Andy Warhol, the Sexual Revolution, and the End of Marriage Glamour
In 1975, Andy Warhol praised the sexual revolution for destroying the glamour of marriage:
I love every "lib" movement there is, because after the "lib" the things that were always a mystique become understandable and boring, and then nobody has to feel left out if they're not part of what is happening. For instance, single people looking for husbands and wives used to feel left out because the image marriage had in the old days was so wonderful. Jane Wyatt and Robert Young. Nick and Nora Charles. Ethel and Fred Mertz. Dagwood and Blondie.
Being married looked so wonderful that life didn't seem livable if you weren't lucky enough to have a husband or wife. To the singles, marriage seemed beautiful, the trappings seemed wonderful, and the sex was always implied to be automatically great--no one could ever seem to find words to describe it because "you had to be there" to know how good it was. It was almost like a conspiracy on the part of the married people not to let it out how it wasn't necessarily completely wonderful to be married and having sex; they could have taken a load off the single people's minds if they'd just been candid.

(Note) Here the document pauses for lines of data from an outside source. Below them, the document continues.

// The laws of the definitions, each carried by the contract of a function that does nothing.
ghost use Rattle.stx_judge.specs.Laws.{ValidIsInOrder, CyclesAreWays};

/// What a valid scenario can be relied on for: no list is too long, all that is named is there, callbacks hold only what
/// they may, the classes make a tree, no method leads to itself, ranks are at most 64 and the weight is at most 200,000.
pub fn valid_is_in_order()
    ensures { ValidIsInOrder }
{}

/// A method leads to itself exactly where one or more steps lead from it back to it.
pub fn cycles_are_ways()
    ensures { CyclesAreWays }
{}
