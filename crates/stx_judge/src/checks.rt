// What is refused in the entries of a list, one by one.
ghost use Rattle.std.specs.Prelude.{◌≡◌, ◌++◌, List as Elements, ℕ, length, OnOk};
ghost use Rattle.std.specs.List.{All};
ghost use Rattle.stx_refusals.specs.declared.fault.Fault.{Fault as Found};
ghost use Rattle.stx_refusals.specs.Faults.{each_from, count_faults};

use std::alloc::Global;
use stx_refusals::{Fault, check_count};
use stx_scenario::{List, NoMemory};

/// The places that are refused so far.
pub type Faults = List<Fault>;

/// What tells the faults of an entry of a list.
pub trait Checks<T> {
    /// The entries whose faults it can tell.
    ghost can_check: { Self → T → Type 0 } = { λ _ _. Unit {0} };

    /// The faults of the entry with a number.
    ghost finds: { Self → ℕ → T → Elements Found };

    fn check(&self, faults: &mut Faults, at: usize, entry: &T) -> Result<(), NoMemory>
        requires { can_check self.now entry.now }
        ensures { OnOk result (faults.new ≡ faults.old ++ finds self.now at entry.now) };
}

/// The faults of each entry.
pub fn check_each<T, C: Checks<T>>(
    faults: &mut Faults,
    checks: &C,
    entries: &[T],
) -> Result<(), NoMemory>
    requires { All (C.can_check checks.now) entries.now }
    ensures { OnOk result (faults.new ≡ faults.old ++ each_from (C.finds checks.now) 0 entries.now) }
{
    for (at, entry) in entries.iter().enumerate() {
        checks.check(faults, at, entry)?;
    }
    Ok(())
}

/// The faults of an array at a path: more entries than it may have, and those of each.
pub fn check_array<T, C: Checks<T>>(
    alloc: Global,
    faults: &mut Faults,
    path: &str,
    most: usize,
    checks: &C,
    entries: &[T],
) -> Result<(), NoMemory>
    requires { All (C.can_check checks.now) entries.now }
    ensures { OnOk result (faults.new ≡ faults.old ++ count_faults most path.now (length entries.now) ++ each_from (C.finds checks.now) 0 entries.now) }
{
    check_count(alloc, faults, path, most, entries.len())?;
    check_each(faults, checks, entries)
}
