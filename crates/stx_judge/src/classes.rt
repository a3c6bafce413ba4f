// The tree of the classes, or why they make none.
ghost use Rattle.std.specs.Prelude.{◌≡◌, length, take, Some, IfOk, MatchResult};
ghost use Rattle.stx_scenario.specs.BuiltIn.{built_in};
ghost use Rattle.stx_base.specs.Classes.{parents_of, IsTree};
ghost use Rattle.stx_base.specs.Valid.{PlacesInOrder};
ghost use Rattle.stx_judge.specs.Stages.{class_refusal};

use crate::texts::Names;
use std::alloc::Global;
use stx_classes::{ClassFault, ClassTree};
use stx_refusals::ReadFault;
use stx_scenario::{NoMemory, Scenario};

/// The tree of a scenario's classes, each of which has a parent, or the refusal where they make none.
pub fn class_tree(
    alloc: Global,
    scenario: &Scenario,
) -> Result<Result<ClassTree, ReadFault>, NoMemory>
    requires built_in { take (length built_in) scenario.now.classes ≡ built_in }
    requires order { PlacesInOrder scenario.now }
    ensures { IfOk result (λ made. MatchResult made (λ tree. (tree ≡ parents_of scenario.now.classes) × IsTree scenario.now.classes) (λ fault. class_refusal scenario.now ≡ Some fault)) }
{
    let names = Names { alloc, scenario };
    match ClassTree::build(alloc, &scenario.classes) {
        Ok(tree) => Ok(Ok(tree)),
        Err(ClassFault::UnknownParent(_)) => unreachable!(),
        Err(ClassFault::Cycle(class)) => Ok(Err(ReadFault::ClassCycle(names.class(class)?))),
        Err(ClassFault::TooDeep(class)) => Ok(Err(ReadFault::ClassDepth(names.class(class)?))),
        Err(ClassFault::NoMemory(refused)) => Err(refused),
    }
}
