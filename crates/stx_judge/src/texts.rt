// The texts of names by number, as refusals give them.
ghost use Rattle.std.specs.Prelude.{◌≡◌, ◌<◌, length, IfOk};
ghost use Rattle.stx_base.specs.Lines.{bean_name, class_name, method_name};

use std::alloc::Global;
use stx_refusals::Argument;
use stx_scenario::{BeanNo, ClassNo, MethodNo, NoMemory, Scenario};

/// What refusals call the parts of a scenario.
#[derive(Drop)]
pub struct Names<'a> {
    pub alloc: Global,
    pub scenario: &'a Scenario,
}

impl<'a> Names<'a> {
    pub fn class(&self, class: ClassNo) -> Result<Argument, NoMemory>
        requires { class.0 < length self.now.scenario.now.classes }
        ensures { IfOk result (λ name. name ≡ class_name self.now.scenario.now class) }
    {
        let name = self.scenario.class(class).name.as_str();
        Ok(Argument::from_text(String::from_str(self.alloc, name)?))
    }

    /// A method as `BEAN.METHOD`.
    pub fn method(&self, method: MethodNo) -> Result<Argument, NoMemory>
        requires { method.0 < length self.now.scenario.now.methods }
        ensures { IfOk result (λ name. name ≡ method_name self.now.scenario.now method) }
    {
        let method = self.scenario.method(method);
        let bean = bean_name(self.scenario, method.bean);
        let name = method.name.as_str();
        Ok(Argument::from_text(format!(in self.alloc; "{bean}.{name}")?))
    }
}

fn bean_name(scenario: &Scenario, bean: BeanNo) -> &str
    ensures { result.now ≡ bean_name scenario.now bean }
{
    match scenario.beans.get(bean.0 as usize) {
        Some(bean) => bean.name.as_str(),
        None => "",
    }
}
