// The stages that look at single places and at names, one after the other.
ghost use Rattle.std.specs.Prelude.{◌≡◌, IfOk};
ghost use Rattle.stx_judge.specs.Stages.{place_refusal};

use crate::arrays::scenario_faults;
use std::alloc::Global;
use stx_names::{duplicate_among, names_of};
use stx_refusals::{ReadFault, Stage, first_at};
use stx_scenario::{NoMemory, Scenario};

/// The refusal of the stages up to the look-up of names.
pub fn place_fault(alloc: Global, scenario: &Scenario) -> Result<Option<ReadFault>, NoMemory>
    ensures { IfOk result (λ fault. fault ≡ place_refusal scenario.now) }
{
    let faults = scenario_faults(alloc, scenario)?;
    let faults = faults.as_slice();
    if let Some(fault) = first_at(alloc, Stage::BadName, faults)? {
        return Ok(Some(fault));
    }
    if let Some(fault) = first_at(alloc, Stage::OutOfRange, faults)? {
        return Ok(Some(fault));
    }
    if let Some(fault) = first_at(alloc, Stage::TooMany, faults)? {
        return Ok(Some(fault));
    }
    let names = names_of(alloc, scenario)?;
    if let Some(fault) = duplicate_among(alloc, &names)? {
        return Ok(Some(fault));
    }
    if let Some(fault) = first_at(alloc, Stage::BadWord, faults)? {
        return Ok(Some(fault));
    }
    first_at(alloc, Stage::UnknownRef, faults)
}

But it was always a fairly well-kept secret that if you were married to somebody you didn't have enough room in bed and might have to face bad breath in the morning.
The drive for gay marriage represents the end of the sexual revolution. Marriage lost its glamour. It lost its connection to sex. Divorce got so easy that "single mom" became a sympathetic political trope. Cohabitation became normal. Nowadays, nobody--least of all gays--has to get married to be a respectable member of society. And yet people want to get married. They want to bind themselves to be monogamous. They want to promise in public to face bad breath in the morning. That's pretty remarkable.